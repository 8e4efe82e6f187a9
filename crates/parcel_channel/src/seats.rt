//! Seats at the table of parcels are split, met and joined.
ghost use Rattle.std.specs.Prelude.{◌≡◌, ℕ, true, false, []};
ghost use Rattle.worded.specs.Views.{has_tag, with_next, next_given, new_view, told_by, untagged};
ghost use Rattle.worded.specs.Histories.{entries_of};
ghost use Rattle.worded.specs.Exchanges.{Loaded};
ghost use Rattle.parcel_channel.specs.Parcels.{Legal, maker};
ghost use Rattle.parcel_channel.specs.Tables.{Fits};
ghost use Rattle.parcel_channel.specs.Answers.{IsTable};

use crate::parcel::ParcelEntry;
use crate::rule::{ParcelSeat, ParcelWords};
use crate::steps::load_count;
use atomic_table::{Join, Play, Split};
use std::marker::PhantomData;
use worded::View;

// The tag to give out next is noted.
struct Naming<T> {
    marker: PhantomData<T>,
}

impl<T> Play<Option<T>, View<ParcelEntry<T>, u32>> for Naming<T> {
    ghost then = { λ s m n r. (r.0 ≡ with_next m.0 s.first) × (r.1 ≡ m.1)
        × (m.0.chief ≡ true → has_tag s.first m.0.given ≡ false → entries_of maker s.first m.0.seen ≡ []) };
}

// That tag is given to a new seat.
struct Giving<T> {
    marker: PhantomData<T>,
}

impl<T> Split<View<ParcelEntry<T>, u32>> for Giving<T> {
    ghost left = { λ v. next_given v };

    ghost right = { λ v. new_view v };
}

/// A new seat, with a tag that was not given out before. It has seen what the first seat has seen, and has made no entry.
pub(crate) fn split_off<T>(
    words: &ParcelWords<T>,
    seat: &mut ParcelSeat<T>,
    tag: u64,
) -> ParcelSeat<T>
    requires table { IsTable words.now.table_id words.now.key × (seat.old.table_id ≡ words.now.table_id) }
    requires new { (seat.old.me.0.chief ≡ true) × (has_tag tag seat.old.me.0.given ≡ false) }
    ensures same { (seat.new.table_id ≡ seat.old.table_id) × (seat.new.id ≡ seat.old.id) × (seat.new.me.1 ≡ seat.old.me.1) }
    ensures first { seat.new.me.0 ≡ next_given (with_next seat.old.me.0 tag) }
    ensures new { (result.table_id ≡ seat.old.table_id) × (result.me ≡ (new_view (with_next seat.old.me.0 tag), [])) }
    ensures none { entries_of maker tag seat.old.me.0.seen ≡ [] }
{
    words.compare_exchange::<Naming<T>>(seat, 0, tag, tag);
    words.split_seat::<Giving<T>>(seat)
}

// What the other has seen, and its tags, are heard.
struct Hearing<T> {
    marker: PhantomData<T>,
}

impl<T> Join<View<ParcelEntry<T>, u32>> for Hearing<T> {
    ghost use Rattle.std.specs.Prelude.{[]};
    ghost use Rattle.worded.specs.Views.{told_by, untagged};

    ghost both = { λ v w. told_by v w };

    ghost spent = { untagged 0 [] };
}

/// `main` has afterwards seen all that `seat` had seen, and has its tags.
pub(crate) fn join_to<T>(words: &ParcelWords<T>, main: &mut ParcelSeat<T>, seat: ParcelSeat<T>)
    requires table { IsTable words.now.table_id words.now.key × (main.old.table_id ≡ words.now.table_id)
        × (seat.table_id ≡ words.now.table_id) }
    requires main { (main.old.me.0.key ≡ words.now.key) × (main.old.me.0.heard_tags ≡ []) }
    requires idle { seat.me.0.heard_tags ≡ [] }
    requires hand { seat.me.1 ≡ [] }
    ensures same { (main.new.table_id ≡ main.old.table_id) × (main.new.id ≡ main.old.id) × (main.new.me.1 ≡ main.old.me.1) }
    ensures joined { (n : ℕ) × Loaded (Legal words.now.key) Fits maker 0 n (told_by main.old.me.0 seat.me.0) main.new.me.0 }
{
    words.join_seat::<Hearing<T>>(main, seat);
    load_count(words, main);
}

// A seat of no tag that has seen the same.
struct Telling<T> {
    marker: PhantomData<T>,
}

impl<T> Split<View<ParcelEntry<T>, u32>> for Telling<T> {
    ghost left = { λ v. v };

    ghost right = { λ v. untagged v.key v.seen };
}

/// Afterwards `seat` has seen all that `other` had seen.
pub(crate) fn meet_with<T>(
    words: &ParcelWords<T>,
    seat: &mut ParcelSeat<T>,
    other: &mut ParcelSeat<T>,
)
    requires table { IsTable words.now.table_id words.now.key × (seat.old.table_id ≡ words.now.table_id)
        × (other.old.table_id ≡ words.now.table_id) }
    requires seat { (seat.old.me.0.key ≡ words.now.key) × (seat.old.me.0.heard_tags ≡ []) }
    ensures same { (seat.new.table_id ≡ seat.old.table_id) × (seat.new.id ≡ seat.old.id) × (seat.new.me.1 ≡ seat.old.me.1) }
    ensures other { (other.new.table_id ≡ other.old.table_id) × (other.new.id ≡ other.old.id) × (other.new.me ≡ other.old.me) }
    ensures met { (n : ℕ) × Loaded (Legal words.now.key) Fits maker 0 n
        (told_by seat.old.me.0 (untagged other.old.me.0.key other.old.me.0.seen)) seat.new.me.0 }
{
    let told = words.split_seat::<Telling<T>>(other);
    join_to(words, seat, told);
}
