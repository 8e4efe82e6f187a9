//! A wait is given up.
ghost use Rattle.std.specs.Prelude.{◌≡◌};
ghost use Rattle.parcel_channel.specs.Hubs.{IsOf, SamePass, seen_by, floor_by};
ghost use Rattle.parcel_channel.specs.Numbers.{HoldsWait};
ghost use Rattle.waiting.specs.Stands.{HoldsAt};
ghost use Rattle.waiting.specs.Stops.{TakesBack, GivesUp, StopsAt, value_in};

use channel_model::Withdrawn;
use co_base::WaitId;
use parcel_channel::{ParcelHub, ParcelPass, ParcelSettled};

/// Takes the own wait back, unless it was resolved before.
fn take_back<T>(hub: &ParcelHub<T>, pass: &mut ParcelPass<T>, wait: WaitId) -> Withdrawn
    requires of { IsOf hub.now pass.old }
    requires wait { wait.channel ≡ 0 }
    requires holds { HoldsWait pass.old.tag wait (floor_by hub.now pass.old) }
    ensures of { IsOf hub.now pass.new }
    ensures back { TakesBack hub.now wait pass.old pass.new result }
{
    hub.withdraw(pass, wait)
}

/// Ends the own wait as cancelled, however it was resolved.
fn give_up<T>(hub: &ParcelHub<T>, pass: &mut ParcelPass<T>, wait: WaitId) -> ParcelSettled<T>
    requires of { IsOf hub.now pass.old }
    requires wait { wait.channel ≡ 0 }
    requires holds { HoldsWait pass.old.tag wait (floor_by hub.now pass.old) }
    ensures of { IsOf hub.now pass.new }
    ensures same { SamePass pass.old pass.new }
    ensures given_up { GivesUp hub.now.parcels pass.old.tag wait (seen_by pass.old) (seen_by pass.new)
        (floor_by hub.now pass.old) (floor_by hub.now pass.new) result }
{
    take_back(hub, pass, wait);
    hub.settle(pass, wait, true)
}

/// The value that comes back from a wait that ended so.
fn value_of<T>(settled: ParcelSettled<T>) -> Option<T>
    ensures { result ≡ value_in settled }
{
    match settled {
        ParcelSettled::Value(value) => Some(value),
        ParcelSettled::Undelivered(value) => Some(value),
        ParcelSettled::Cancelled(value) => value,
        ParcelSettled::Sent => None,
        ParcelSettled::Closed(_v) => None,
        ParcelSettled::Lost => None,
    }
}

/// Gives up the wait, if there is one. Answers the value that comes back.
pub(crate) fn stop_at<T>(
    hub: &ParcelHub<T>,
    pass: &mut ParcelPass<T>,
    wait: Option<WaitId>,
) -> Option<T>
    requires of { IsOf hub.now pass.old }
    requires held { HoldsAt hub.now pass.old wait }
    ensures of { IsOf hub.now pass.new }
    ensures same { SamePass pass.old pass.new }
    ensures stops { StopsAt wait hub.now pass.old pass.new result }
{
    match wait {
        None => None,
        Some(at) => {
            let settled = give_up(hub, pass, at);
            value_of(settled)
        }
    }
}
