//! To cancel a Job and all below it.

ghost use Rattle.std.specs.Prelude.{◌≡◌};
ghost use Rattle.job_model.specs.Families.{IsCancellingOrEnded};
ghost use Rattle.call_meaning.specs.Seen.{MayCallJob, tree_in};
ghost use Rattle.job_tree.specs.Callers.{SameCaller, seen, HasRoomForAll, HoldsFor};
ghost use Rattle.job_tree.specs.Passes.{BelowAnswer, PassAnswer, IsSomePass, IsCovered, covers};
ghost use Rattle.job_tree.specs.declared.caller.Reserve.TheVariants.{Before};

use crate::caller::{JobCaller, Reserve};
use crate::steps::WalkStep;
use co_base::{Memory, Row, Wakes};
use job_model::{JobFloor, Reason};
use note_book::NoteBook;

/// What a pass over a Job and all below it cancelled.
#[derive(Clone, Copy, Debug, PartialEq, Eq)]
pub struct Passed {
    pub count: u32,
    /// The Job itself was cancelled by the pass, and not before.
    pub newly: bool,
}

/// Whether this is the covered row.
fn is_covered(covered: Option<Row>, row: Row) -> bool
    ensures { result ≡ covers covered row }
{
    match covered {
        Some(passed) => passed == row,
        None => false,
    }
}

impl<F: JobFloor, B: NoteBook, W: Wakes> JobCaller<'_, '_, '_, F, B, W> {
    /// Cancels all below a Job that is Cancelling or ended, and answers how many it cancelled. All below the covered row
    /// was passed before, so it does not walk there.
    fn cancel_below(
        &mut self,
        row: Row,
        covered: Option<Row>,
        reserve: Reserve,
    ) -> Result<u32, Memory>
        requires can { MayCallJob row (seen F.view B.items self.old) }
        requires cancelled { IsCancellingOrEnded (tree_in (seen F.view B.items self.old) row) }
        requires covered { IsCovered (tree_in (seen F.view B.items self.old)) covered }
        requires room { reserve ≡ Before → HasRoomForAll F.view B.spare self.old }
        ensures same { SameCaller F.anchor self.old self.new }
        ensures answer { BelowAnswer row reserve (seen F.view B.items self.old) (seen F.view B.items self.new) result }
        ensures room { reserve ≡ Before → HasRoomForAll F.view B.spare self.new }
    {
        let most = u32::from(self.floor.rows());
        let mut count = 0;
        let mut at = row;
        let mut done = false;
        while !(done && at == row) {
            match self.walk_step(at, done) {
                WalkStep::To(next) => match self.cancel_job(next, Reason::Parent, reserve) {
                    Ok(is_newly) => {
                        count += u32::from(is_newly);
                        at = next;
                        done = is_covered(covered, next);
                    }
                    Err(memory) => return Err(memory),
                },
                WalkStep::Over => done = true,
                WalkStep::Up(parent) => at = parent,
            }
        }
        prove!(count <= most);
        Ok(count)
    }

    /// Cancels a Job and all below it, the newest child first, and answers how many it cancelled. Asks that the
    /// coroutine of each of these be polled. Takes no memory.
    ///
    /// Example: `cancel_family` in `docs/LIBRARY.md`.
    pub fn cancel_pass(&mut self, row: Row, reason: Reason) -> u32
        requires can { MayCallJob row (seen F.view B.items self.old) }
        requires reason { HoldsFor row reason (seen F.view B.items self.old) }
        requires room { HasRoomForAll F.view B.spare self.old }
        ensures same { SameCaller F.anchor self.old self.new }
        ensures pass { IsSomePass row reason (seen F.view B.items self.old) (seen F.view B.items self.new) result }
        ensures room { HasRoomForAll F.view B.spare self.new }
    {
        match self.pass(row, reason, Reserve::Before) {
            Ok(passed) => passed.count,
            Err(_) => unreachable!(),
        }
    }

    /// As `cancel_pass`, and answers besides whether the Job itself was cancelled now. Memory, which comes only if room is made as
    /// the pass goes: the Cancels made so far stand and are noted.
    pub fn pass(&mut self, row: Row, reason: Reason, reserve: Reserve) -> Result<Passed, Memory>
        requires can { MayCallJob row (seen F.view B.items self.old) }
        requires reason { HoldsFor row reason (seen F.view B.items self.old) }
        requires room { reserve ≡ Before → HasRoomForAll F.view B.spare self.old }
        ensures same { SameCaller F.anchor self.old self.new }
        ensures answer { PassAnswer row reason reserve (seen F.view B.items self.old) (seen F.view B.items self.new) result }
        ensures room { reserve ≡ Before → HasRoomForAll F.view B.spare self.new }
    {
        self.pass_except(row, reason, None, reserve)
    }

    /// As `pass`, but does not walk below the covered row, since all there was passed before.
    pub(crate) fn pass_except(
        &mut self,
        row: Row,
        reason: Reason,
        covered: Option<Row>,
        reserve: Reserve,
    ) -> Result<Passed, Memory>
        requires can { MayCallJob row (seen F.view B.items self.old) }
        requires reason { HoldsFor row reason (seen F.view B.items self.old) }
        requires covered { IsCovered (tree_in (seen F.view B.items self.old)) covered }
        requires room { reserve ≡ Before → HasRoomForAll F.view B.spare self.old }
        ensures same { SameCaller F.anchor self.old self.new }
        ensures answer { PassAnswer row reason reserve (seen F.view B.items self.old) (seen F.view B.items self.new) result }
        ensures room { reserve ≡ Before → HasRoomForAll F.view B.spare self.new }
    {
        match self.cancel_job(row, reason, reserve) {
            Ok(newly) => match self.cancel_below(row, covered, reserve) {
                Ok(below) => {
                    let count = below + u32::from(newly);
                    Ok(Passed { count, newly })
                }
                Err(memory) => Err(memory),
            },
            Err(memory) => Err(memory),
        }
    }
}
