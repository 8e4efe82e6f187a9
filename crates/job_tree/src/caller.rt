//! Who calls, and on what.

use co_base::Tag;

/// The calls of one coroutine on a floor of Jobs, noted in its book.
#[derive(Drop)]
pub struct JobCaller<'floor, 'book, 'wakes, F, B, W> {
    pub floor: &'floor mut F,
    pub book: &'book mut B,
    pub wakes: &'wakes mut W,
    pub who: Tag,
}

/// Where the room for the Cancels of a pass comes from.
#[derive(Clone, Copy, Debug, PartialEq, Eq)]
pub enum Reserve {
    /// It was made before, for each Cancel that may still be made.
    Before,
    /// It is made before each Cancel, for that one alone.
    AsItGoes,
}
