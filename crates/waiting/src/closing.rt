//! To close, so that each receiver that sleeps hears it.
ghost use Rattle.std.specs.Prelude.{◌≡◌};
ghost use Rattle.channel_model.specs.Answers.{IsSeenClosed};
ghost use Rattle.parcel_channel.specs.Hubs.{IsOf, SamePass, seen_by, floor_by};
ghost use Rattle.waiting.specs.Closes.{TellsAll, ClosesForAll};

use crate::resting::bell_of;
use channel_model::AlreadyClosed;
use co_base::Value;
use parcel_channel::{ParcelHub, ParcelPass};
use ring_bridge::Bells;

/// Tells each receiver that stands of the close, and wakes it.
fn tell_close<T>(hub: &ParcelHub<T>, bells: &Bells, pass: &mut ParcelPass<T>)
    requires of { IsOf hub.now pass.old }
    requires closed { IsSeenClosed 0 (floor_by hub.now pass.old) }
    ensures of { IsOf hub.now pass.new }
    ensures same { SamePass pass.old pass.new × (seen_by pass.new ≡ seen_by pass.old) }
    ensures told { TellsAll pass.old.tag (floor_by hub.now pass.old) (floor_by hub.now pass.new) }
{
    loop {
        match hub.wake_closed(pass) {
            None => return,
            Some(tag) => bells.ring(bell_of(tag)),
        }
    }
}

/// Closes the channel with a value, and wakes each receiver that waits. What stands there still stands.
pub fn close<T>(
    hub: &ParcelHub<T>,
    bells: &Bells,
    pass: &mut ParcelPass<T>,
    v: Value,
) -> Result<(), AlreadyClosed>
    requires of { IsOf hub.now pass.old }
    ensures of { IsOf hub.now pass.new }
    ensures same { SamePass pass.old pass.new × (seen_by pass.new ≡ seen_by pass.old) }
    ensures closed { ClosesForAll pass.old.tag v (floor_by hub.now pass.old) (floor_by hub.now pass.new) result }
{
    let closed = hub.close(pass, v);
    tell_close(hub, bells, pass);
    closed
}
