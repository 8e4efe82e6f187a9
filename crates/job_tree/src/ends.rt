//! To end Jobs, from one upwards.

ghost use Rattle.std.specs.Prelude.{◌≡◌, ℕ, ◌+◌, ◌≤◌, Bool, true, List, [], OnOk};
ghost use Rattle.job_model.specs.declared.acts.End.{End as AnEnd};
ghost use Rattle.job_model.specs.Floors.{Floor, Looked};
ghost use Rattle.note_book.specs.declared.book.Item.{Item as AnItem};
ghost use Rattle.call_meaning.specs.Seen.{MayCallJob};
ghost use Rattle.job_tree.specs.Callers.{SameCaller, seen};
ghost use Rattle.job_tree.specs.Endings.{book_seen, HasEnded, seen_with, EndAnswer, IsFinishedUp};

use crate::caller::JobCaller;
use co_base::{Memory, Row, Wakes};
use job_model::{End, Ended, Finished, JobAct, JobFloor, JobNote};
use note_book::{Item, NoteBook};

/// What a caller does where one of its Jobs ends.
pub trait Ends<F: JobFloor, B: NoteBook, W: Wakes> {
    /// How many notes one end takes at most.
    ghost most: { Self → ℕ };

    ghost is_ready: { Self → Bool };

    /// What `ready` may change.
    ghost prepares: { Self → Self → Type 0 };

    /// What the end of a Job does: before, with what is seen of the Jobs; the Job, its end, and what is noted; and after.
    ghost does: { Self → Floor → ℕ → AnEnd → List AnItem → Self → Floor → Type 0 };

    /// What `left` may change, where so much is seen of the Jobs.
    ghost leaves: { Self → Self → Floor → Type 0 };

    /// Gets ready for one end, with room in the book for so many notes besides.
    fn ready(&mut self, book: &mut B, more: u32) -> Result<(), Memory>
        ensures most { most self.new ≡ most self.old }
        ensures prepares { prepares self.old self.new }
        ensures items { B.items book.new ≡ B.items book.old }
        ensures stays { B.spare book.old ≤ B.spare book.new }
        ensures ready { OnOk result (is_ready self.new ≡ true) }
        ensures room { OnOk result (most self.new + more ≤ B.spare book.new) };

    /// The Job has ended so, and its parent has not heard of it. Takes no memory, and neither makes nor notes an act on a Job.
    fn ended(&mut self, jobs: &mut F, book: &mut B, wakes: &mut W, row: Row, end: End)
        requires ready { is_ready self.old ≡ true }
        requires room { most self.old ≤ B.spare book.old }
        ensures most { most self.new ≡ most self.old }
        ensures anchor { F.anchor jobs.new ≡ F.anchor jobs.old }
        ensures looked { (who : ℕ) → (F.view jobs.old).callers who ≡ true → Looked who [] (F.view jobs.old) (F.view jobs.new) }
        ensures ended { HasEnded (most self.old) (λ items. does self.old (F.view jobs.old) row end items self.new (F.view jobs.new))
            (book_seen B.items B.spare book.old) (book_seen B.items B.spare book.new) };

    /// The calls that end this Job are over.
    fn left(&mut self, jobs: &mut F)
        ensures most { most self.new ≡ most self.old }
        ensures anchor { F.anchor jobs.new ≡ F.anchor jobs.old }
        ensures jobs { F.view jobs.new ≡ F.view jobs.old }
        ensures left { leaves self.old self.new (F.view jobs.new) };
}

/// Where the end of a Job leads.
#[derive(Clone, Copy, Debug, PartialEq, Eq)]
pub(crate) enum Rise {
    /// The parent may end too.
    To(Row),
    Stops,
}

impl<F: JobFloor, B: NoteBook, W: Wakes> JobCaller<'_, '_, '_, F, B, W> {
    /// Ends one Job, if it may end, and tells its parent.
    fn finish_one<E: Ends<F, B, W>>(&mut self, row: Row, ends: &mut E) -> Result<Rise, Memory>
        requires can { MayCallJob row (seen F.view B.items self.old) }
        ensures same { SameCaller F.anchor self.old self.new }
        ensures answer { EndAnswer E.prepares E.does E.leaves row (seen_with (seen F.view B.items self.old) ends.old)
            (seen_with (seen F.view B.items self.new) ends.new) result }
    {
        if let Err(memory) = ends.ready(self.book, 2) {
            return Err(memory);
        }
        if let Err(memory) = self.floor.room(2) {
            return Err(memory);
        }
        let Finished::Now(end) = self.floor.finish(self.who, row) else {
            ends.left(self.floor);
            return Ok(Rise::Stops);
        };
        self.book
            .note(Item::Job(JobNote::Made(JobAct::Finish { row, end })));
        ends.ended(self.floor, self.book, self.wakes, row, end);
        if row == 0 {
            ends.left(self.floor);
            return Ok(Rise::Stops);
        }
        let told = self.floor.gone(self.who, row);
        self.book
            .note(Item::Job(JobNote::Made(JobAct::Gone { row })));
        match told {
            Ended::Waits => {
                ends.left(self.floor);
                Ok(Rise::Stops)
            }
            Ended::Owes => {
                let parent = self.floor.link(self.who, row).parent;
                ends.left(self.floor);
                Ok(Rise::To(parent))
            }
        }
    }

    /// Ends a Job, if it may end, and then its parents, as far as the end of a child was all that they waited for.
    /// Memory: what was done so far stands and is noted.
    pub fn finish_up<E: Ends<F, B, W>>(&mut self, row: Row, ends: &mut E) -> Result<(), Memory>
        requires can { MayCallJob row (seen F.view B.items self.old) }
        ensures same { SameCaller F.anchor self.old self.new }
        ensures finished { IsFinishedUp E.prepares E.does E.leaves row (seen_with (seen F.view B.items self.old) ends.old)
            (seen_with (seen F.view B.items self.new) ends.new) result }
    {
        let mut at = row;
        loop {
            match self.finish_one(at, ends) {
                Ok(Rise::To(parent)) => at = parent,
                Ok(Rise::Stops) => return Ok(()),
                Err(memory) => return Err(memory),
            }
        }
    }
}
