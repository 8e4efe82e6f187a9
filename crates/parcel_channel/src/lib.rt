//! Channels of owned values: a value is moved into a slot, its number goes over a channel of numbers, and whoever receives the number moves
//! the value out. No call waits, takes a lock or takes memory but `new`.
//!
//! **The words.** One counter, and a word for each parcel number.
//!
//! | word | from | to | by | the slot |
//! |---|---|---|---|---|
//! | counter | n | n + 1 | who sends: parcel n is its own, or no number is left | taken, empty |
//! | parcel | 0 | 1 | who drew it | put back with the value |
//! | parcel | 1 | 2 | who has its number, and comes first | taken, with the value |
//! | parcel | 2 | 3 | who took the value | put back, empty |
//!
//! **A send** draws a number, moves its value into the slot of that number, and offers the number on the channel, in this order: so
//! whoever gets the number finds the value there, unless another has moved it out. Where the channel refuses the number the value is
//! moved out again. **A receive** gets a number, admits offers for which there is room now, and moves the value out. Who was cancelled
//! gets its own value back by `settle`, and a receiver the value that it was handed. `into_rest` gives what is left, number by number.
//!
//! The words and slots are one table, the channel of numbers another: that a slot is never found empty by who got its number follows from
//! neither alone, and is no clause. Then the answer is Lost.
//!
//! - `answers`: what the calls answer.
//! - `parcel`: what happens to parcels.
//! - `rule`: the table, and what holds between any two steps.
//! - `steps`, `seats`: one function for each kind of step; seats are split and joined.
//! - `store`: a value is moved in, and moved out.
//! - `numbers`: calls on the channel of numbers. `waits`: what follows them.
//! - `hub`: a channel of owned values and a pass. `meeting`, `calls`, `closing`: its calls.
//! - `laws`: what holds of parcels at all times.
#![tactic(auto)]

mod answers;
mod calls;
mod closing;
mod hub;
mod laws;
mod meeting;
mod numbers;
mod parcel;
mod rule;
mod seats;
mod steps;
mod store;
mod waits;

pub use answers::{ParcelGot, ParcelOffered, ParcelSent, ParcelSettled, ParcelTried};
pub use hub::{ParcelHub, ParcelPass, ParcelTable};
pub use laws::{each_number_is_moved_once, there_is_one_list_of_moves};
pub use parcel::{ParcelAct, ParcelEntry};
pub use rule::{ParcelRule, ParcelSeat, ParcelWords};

------------------------------------

◆ **Problem requirements**: Copy out the lines above word for word, stopping after the line containing "impl<T> Play<Option<T>, View<ParcelEntry<T>, u32>>".

◆ **Response to the exercise**:
repository 8e4efe82e6f187a9
filename crates/parcel_channel/src/seats.rt
//! Seats at the table of parcels are split, met and joined.
ghost use Rattle.std.specs.Prelude.{◌≡◌, ℕ, true, false, []};
ghost use Rattle.worded.specs.Views.{has_tag, with_next, next_given, new_view, told_by, untagged};
ghost use Rattle.worded.specs.Histories.{entries_of};
ghost use Rattle.worded.specs.Exchanges.{Loaded};
ghost use Rattle.parcel_channel.specs.Parcels.{Legal, maker};
ghost use Rattle.parcel_channel.specs.Tables.{Fits};
ghost use Rattle.parcel_channel.specs.Answers.{IsTable};

use crate::parcel::ParcelEntry;
use crate::rule::{ParcelSeat, ParcelWords};
use crate::steps::load_count;
use atomic_table::{Join, Play, Split};
use std::marker::PhantomData;
use worded::View;

// The tag to give out next is noted.
struct Naming<T> {
    marker: PhantomData<T>,
}

impl<T> Play<Option<T>, View<ParcelEntry<T>, u32>> for Naming<T> {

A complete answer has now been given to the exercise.